> _What the task requires_
Please reproduce exactly the lines from the start of the records through the one containing "IsProper, hull as", and nothing more.

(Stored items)
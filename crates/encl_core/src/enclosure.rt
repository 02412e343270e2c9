//! The trait of all kinds of enclosures.
ghost use Rattle.book_model.specs.programs.Calls.{Encloses, Encloses1, Encloses2};
ghost use Rattle.std.specs.Prelude.{◌≡◌, ◌<◌, ℕ, ℤ, Some, IfOk, IfErr, IfSome, IsSome, IsNone};
ghost use Rattle.book_model.specs.Fraction.{whole as whole_number};
ghost use Rattle.book_model.specs.Interval.{Interval, everything, between, ◌⊆◌, IsProper, hull as hull_of_intervals};
ghost use Rattle.book_model.specs.numbers.Fractions.{fraction_of, ten_millionths, daily_ten_millionths};
ghost use Rattle.book_model.specs.numbers.Expressions.{Expression, World, integer, constant, add as add_of, subtract, multiply, negate, scale, minimum, maximum, hull as hull_of, widen as widen_of, divide, power, root as root_of, clamp as clamp_of, remainder};
ghost use Rattle.book_model.specs.numbers.Bounds.{Bound, Reach, IsNarrow, spanned_bound, limits_of};
ghost use Rattle.book_model.specs.numbers.Relations.{Within, Narrow};
ghost use Rattle.book_model.specs.programs.Programs.{integers, multiples, cell_at, compare_at};
ghost use Rattle.book_model.specs.programs.Leading.{units_of_56, IsUndecidedCell, IsUndecidedComparison, next_turn};
ghost use Rattle.book_model.specs.numbers.Depth.{DEPTH as LEAST_DEPTH};
ghost use Rattle.encl_core.specs.Steps.{IsUndecidedPeriod};

use crate::{Span, Trail};
use book_model::{Frac, Site, Undecided};

/// What the code knows of a number: that it lies in the interval that an enclosure shows.
///
/// Every operation has two clauses of one form. `holds`: where the arguments hold the values of expressions, in
/// a world of depth 40 or more, the result holds the value of the operation's expression. `narrow`: where the
/// arguments keep the bounds of expressions, the result keeps the bound of the operation's. A kind of enclosure
/// must meet both, and formulas are proved from them alone.
pub trait Enclosure: Copy + Drop {
    /// The interval that an enclosure shows.
    ghost shown: { Self → Interval };

    /// The endpoints of that interval are in order.
    ghost proper: { (e : Self) → IsProper (shown e) };

    /// The scale is 2 to the power of minus this.
    ghost BITS: { ℕ };

    /// The depth from which on the answers hold.
    ghost DEPTH: { ℕ };

    /// That depth is the same for every kind.
    ghost depth_law: { DEPTH ≡ LEAST_DEPTH };

    /// The scale is 2 to the power of minus this.
    const BITS: u32;

    /// The depth from which on the answers hold.
    const DEPTH: u32;

    /// The enclosure of every number.
    fn whole() -> Self
        ensures all { shown result ≡ everything };

    /// The enclosure of a whole number.
    fn from_int(value: i64) -> Self
        ensures encloses { Encloses shown BITS (integer value) result };

    // At most one unit wide beyond the fraction, so that a half is a plain constant.
    /// The enclosure of a fraction.
    fn from_frac(value: Frac) -> Self
        ensures encloses { Encloses shown BITS (constant (fraction_of value)) result };

    /// The enclosure of what lies between two endpoints. It is at most two units wider than these are apart.
    fn from_span(span: Span) -> Self
        ensures holds { between (units_of_56 span.lo) (units_of_56 span.hi) ⊆ shown result }
        ensures narrow { (w : ℕ) (b : Bound) → IsNarrow w b
            (between (units_of_56 span.lo) (units_of_56 span.hi)) → IsNarrow w
            (spanned_bound (limits_of BITS) b) (shown result) };

    /// The sums of the members.
    fn add(self, other: Self) -> Self
        ensures encloses { Encloses2 shown BITS add_of self other result };

    /// The differences of the members.
    fn sub(self, other: Self) -> Self
        ensures encloses { Encloses2 shown BITS subtract self other result };

    /// The products of the members.
    fn mul(self, other: Self) -> Self
        ensures encloses { Encloses2 shown BITS multiply self other result };

    /// The lesser of each two members.
    fn min(self, other: Self) -> Self
        ensures encloses { Encloses2 shown BITS minimum self other result };

    // No operation gives a size: it is the greater of a number and its opposite, here and in the
    // definitions.
    /// The greater of each two members.
    fn max(self, other: Self) -> Self
        ensures encloses { Encloses2 shown BITS maximum self other result };

    /// Every number between members of the two, and no others.
    fn hull(self, other: Self) -> Self
        ensures encloses { Encloses2 shown BITS hull_of self other result }
        ensures tight { shown result ⊆ hull_of_intervals (shown self) (shown other) };

    /// The opposites of the members.
    fn neg(self) -> Self
        ensures encloses { Encloses1 shown BITS negate self result };

    /// The numbers that are no further from a member than the size of a fraction.
    fn widen(self, by: Frac) -> Self
        ensures encloses { Encloses1 shown BITS (widen_of (fraction_of by)) self result };

    /// The products of the members with a fraction.
    fn mul_frac(self, by: Frac) -> Self
        ensures encloses { Encloses1 shown BITS (scale (fraction_of by)) self result };

    // This one and the next have default bodies by the other operations, and so serve every kind; a
    // kind may take fewer roundings.
    /// The products of the members with a whole number.
    #[inline(always)]
    fn times(self, by: i64) -> Self
        ensures encloses { Encloses1 shown BITS (scale (whole_number by)) self result }
    {
        self.mul_frac(Frac::whole(by))
    }

    /// The angle of a periodic term: its phase, and its rate times the members, which are days. The phase is in
    /// ten-millionths, the rate in ten-millionths a century. So the rounding of centuries isn't multiplied by a rate.
    #[inline(always)]
    fn angle(self, phase: i64, rate: i64) -> Self
        ensures encloses { Encloses1 shown BITS (λ x. add_of (constant (ten_millionths phase))
            (scale (daily_ten_millionths rate) x)) self result }
    {
        let turned = self.mul_frac(Frac::daily_ten_millionths(rate));
        Self::from_frac(Frac::ten_millionths(phase)).add(turned)
    }

    /// The quotients of the members; every number, where the divisor may be 0.
    fn div(self, other: Self) -> Self
        ensures encloses { Encloses2 shown BITS divide self other result };

    /// The squares of the members.
    fn square(self) -> Self
        ensures encloses { Encloses1 shown BITS (λ x. power x 2) self result };

    /// The roots of the members. A negative endpoint counts as 0.
    fn root(self) -> Self
        ensures encloses { Encloses1 shown BITS root_of self result };

    /// The members, each endpoint moved into -1..1; all of -1..1, where nothing is known.
    fn clamp_unit(self) -> Self
        ensures encloses { Encloses1 shown BITS clamp_of self result };

    // A formula that is evaluated at points, as a sine at the endpoints of its degrees, takes endpoints and
    // gives endpoints back by `from_span`: so it is the same for every kind.
    /// The endpoints, at one scale for every kind; `None` for every number.
    fn span(self) -> Option<Span>
        ensures holds { IfSome result (λ s. shown self ⊆ between (units_of_56 s.lo)
            (units_of_56 s.hi)) }
        ensures tight { IfSome result (λ s. between (units_of_56 s.lo) (units_of_56 s.hi)
            ⊆ shown self) }
        ensures none { IsNone result → shown self ≡ everything };

    // Two kinds of tests: a cell has a whole number for its answer, a comparison a truth value. The
    // clause `undecided` holds the endpoints at which it is undecided, so that giving up at once is no way
    // out.
    /// Whether each member is below each of the other, where that is so of all or of none. The test counts in the
    /// trail. `Undecided` comes exactly where it is so of some.
    fn less(self, other: Self, site: Site, trail: &mut Trail) -> Result<bool, Undecided>
        ensures decided { IfOk result (λ t. compare_at (shown self) (shown other) ≡ Some t) }
        ensures undecided { IfErr result (λ u. IsUndecidedComparison (shown self)
            (shown other) u.lo u.hi) }
        ensures named { IfErr result (λ u. (u.site ≡ site) × (u.turn ≡ next_turn trail.old.count)) }
        ensures counted { trail.new.count ≡ next_turn trail.old.count };

    /// The greatest whole number that is not above the members, where they all have the same. The test counts
    /// in the trail. `Undecided` comes exactly where they don't, and for a number outside 64 bits.
    fn floor(self, site: Site, trail: &mut Trail) -> Result<i64, Undecided>
        ensures decided { IfOk result (λ q. cell_at integers (shown self) ≡ Some q) }
        ensures undecided { IfErr result (λ u. IsUndecidedCell integers (shown self) u.lo u.hi) }
        ensures named { IfErr result (λ u. (u.site ≡ site) × (u.turn ≡ next_turn trail.old.count)) }
        ensures counted { trail.new.count ≡ next_turn trail.old.count };

    /// What the members are above the greatest multiple of the modulus that is not above them, where that is the
    /// same for all. The test counts in the trail. `Undecided` comes exactly where it isn't: where the endpoints lie
    /// in different periods, or nothing is known.
    fn wrap(self, modulus: u32, site: Site, trail: &mut Trail) -> Result<Self, Undecided>
        requires { 0 < modulus }
        ensures decided { IfOk result (λ y. IsSome (cell_at (multiples modulus) (shown self))) }
        ensures holds { IfOk result (λ y. (q : ℤ) (w : World) (x : Expression)
            → cell_at (multiples modulus) (shown self) ≡ Some q → Within shown w x self
            → Within shown w (remainder modulus x q) y) }
        ensures narrow { IfOk result (λ y. (q : ℤ) (r : Reach) (x : Expression)
            → Narrow shown (limits_of BITS) r x self → Narrow shown (limits_of BITS) r
            (remainder modulus x q) y) }
        ensures undecided { IfErr result (λ u. IsUndecidedPeriod modulus (shown self) u.lo u.hi) }
        ensures named { IfErr result (λ u. (u.site ≡ site) × (u.turn ≡ next_turn trail.old.count)) }
        ensures counted { trail.new.count ≡ next_turn trail.old.count };
}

> _Answer to the exercise_
filename crates/encl_core/src/enclosure.rt
repository 02412e343270e2c9
//! The trait of all kinds of enclosures.
ghost use Rattle.book_model.specs.programs.Calls.{Encloses, Encloses1, Encloses2};
ghost use Rattle.std.specs.Prelude.{◌≡◌, ◌<◌, ℕ, ℤ, Some, IfOk, IfErr, IfSome, IsSome, IsNone};
ghost use Rattle.book_model.specs.Fraction.{whole as whole_number};
ghost use Rattle.book_model.specs.Interval.{Interval, everything, between, ◌⊆◌, IsProper, hull as hull_of_intervals};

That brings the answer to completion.